+++ RECORDED DATA +++
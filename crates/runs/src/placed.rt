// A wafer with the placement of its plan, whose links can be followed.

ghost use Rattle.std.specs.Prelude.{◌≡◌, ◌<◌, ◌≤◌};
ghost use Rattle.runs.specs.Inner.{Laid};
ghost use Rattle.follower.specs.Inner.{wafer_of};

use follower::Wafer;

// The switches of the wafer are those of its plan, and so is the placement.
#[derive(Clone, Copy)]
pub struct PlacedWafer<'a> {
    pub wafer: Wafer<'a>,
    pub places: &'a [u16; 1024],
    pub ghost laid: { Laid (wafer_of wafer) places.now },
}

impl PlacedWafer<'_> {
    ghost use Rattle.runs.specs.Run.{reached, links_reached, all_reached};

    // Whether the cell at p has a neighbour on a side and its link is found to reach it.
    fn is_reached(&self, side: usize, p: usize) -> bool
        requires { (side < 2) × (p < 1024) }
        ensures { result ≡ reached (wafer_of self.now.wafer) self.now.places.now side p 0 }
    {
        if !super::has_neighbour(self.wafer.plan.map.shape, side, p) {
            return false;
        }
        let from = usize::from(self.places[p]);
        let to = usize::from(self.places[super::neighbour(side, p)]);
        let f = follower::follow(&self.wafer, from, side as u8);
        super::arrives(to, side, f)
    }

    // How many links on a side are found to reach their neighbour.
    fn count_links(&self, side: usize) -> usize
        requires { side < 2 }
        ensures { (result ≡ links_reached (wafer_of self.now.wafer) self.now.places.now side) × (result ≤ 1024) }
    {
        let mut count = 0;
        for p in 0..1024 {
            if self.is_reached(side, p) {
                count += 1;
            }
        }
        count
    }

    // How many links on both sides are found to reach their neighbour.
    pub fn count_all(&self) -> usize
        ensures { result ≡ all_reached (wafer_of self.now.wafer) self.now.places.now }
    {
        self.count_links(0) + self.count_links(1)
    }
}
+++
### WHAT YOU ARE ASKED TO DO
Those lines from the one with "side are found to reach their neighbour." through the last line of the material above are to be retyped exactly, with nothing else.

### ANSWER BOX
    // How many links on a side are found to reach their neighbour.
    fn count_links(&self, side: usize) -> usize
        requires { side < 2 }
        ensures { (result ≡ links_reached (wafer_of self.now.wafer) self.now.places.now side) × (result ≤ 1024) }
    {
        let mut count = 0;
        for p in 0..1024 {
            if self.is_reached(side, p) {
                count += 1;
            }
        }
        count
    }

    // How many links on both sides are found to reach their neighbour.
    pub fn count_all(&self) -> usize
        ensures { result ≡ all_reached (wafer_of self.now.wafer) self.now.places.now }
    {
        self.count_links(0) + self.count_links(1)
    }
}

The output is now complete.